The first step to resilience is quantification. In the event vehicles are hacked, what are the worst consequences? It boils down to identifying the worst possible consequences and working backward. How many vehicles hacked does it take to stop city transportation?
The second step is mitigation. Now that we have quantified consequences, how do we mitigate them? How can we build transportation to be more resilient against vehicle hacking? Can we have emergency roadways so that critical transportation can reroute in the event of a massive hack of vehicles? Can we safely and quickly remove infected vehicles from the road?

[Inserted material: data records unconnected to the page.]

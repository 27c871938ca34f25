//! Edits of a part of a vector: each says what the vector's list becomes.

ghost use Rattle.std.specs.Prelude.{◌≡◌, ◌+◌, ◌-◌, ◌≤◌, length, map, not, reverse, slice_range};
ghost use Rattle.bitvec.specs.Memory.{zip_with, list_with};
ghost use Rattle.bitvec.specs.Place.{region_max_bits};
ghost use Rattle.bitvec_slice.specs.BitSlice.{slice_len, slice_bits};
ghost use Rattle.bitvec_slice.specs.Ranges.{with_range};
ghost use Rattle.bitvec_vec.specs.Front.{front_of, words_for};

use crate::vec::BitVec;
use crate::vec::front::span_of_front;
use bitvec::mem::BitRegister;
use bitvec::order::BitOrder;
use bitvec::ptr::combine::Combine;
use bitvec::ptr::span::BitSpan;
use bitvec_slice::slice::{BitSlice, BitSliceMut};
use std::alloc::Allocator;
use std::ops::Range;

impl<R: BitRegister, O: BitOrder<R>, A: Allocator> BitVec<R, O, A> {
    ghost use Rattle.bitvec_vec.specs.BitVec.{vec_bits, bit_capacity};

    /// Puts the bits from number `from` to before number `to` in the opposite order. Costs as
    /// [`reverse`](BitVec::reverse) does.
    ///
    /// Requires that `from` is at most `to`, and `to` at most the length. As `reverse` of a part
    /// for writing in the Rust crate.
    ///
    /// # Examples
    ///
    /// ```
    /// let mut bits = BitVec::<u8, Lsb0>::from_words(vec![in rt.alloc(); 0x13u8]?);
    /// assert!(rt; bits.len() == 8);
    /// bits.reverse_range(0, 4);
    /// bits.invert_range(4, 6);
    /// assert_eq!(rt; bits.load_digits_le::<u8>(0, 8), 0x2C);
    /// ```
    pub fn reverse_range(&mut self, from: usize, to: usize)
        requires ordered { from ≤ to }
        requires inside { to ≤ length (vec_bits self.old) }
        ensures bits { let xs = vec_bits self.old in vec_bits self.new
            ≡ with_range xs from to (reverse (slice_range xs from to)) }
        ensures capacity { bit_capacity self.new ≡ bit_capacity self.old }
    {
        reverse_part::<R, O>(self.words.as_mut_slice(), self.len, from, to);
    }

    /// Turns over each bit from number `from` to before number `to`, word by word.
    ///
    /// Requires that `from` is at most `to`, and `to` at most the length. As `!` of a part for
    /// writing in the Rust crate.
    pub fn invert_range(&mut self, from: usize, to: usize)
        requires ordered { from ≤ to }
        requires inside { to ≤ length (vec_bits self.old) }
        ensures bits { let xs = vec_bits self.old in vec_bits self.new
            ≡ with_range xs from to (map not (slice_range xs from to)) }
        ensures capacity { bit_capacity self.new ≡ bit_capacity self.old }
    {
        let span: BitSpan<R, O> = span_of_front(self.len);
        span.range(from, to).invert(self.words.as_mut_slice());
    }

    /// Combines the bits of a slice, of any register and order, with the bits from number `from`
    /// on. Each of these becomes what `C` makes of it and of the slice's bit, up to the slice's
    /// end.
    ///
    /// Requires that `from` plus the slice's length is at most the length. Costs as
    /// [`combine_from`](BitVec::combine_from) does. Not in the Rust crate.
    ///
    /// # Examples
    ///
    /// ```
    /// let memory = [0x0Fu8];
    /// let slice = BitSlice::<u8, Lsb0>::all_unchecked(&memory);
    /// let mut bits = BitVec::<u16, Lsb0>::from_words(vec![in rt.alloc(); 0x3300u16]?);
    /// assert!(rt; bits.len() == 16);
    /// bits.combine_from_range::<Xor, u8, Lsb0>(8, slice);
    /// assert_eq!(rt; format!(in rt.alloc(); "{bits}")?.as_str(), "0000000000111100");
    /// ```
    pub fn combine_from_range<C: Combine, R2: BitRegister, O2: BitOrder<R2>>(
        &mut self,
        from: usize,
        source: BitSlice<'_, R2, O2>,
    )
        requires { from + slice_len source ≤ length (vec_bits self.old) }
        ensures bits { let xs = vec_bits self.old in let to = from + slice_len source.entry
            in vec_bits self.new
            ≡ with_range xs from to (zip_with C.of (slice_range xs from to)
            (slice_bits source.entry)) }
        ensures capacity { bit_capacity self.new ≡ bit_capacity self.old }
    {
        combine_part::<C, R, O, R2, O2>(self.words.as_mut_slice(), self.len, from, source);
    }

    /// Combines the bits of a range with those of a range of the same length, from number `dest`
    /// on. The two ranges may overlap, and each bit is combined with what was there before the
    /// call.
    ///
    /// Requires that the range rises, and that both ranges of bits end within the length. By words
    /// where the order's positions rise or fall, else by bits. Not in the Rust crate.
    ///
    /// # Examples
    ///
    /// Each bit is set where it or the one three places before it was.
    ///
    /// ```
    /// let mut bits = BitVec::<u16, Lsb0>::from_words(vec![in rt.alloc(); 0x8001u16]?);
    /// assert!(rt; bits.len() == 16);
    /// bits.combine_within::<Or>(0..13, 3);
    /// assert_eq!(rt; format!(in rt.alloc(); "{bits}")?.as_str(), "1001000000000001");
    /// ```
    pub fn combine_within<C: Combine>(&mut self, src: Range<usize>, dest: usize)
        requires ordered { src.start ≤ src.end }
        requires source_inside { src.end ≤ length (vec_bits self.old) }
        requires target_inside { dest + (src.end - src.start) ≤ length (vec_bits self.old) }
        ensures bits { let xs = vec_bits self.old in vec_bits self.new
            ≡ list_with C.of xs src.start xs dest (src.end - src.start) }
        ensures capacity { bit_capacity self.new ≡ bit_capacity self.old }
    {
        let count = src.end - src.start;
        let span: BitSpan<R, O> = span_of_front(self.len);
        span.combine_within::<C>(self.words.as_mut_slice(), src.start, dest, count);
    }
}

// Puts some of the first `len` bits of some words in the opposite order.
fn reverse_part<R: BitRegister, O: BitOrder<R>>(words: &mut [R], len: usize, from: usize, to: usize)
    requires short { len ≤ region_max_bits }
    requires room { words_for R.BITS len ≤ length words.old }
    requires ordered { from ≤ to }
    requires inside { to ≤ len }
    ensures { let bits = front_of R.BITS O.at_of R.number len in let xs = bits words.old
        in bits words.new ≡ with_range xs from to (reverse (slice_range xs from to)) }
{
    let span: BitSpan<R, O> = span_of_front(len);
    let mut bits = BitSliceMut::new_unchecked(span, words);
    bits.reverse_range(from, to);
}

// Combines the bits of a slice with the bits from number `from` on, of the first `len` of some
// words.
fn combine_part<C: Combine, R: BitRegister, O: BitOrder<R>, R2: BitRegister, O2: BitOrder<R2>>(
    words: &mut [R],
    len: usize,
    from: usize,
    source: BitSlice<'_, R2, O2>,
)
    requires short { len ≤ region_max_bits }
    requires room { words_for R.BITS len ≤ length words.old }
    requires inside { from + slice_len source ≤ len }
    ensures { let bits = front_of R.BITS O.at_of R.number len in let xs = bits words.old
        in let to = from + slice_len source.entry in bits words.new
        ≡ with_range xs from to (zip_with C.of (slice_range xs from to) (slice_bits source.entry)) }
{
    let span: BitSpan<R, O> = span_of_front(len);
    let mut bits = BitSliceMut::new_unchecked(span, words);
    bits.combine_from_range::<C, R2, O2>(from, source);
}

The third step is implementation. Now that we have identified potential solutions, who are the various stakeholders? Automobile companies, chip and equipment manufacturers, insurance companies, city transportation authorities, telecommunication networks, bill, and policymakers all need to work together to develop solutions. This is where the liability aspect comes in. Hacked vehicles have the potential to disrupt so many different sectors that it’s not feasible to hold automobile manufacturers solely responsible for all the consequences. At the same time, this argument should not be a way out for parties to avoid responsibility.
I believe we have an opportunity to work together and make our society more resilient. From our experience during COVID, we have seen various communities come together for the greater good. Once we recover, we will discover that we have emerged as a better society with improved values like encouraging work from home options. In a similar vein, investing in city resilience to hacking is more than just recovering quickly. It has the potential to transform transportation for the better.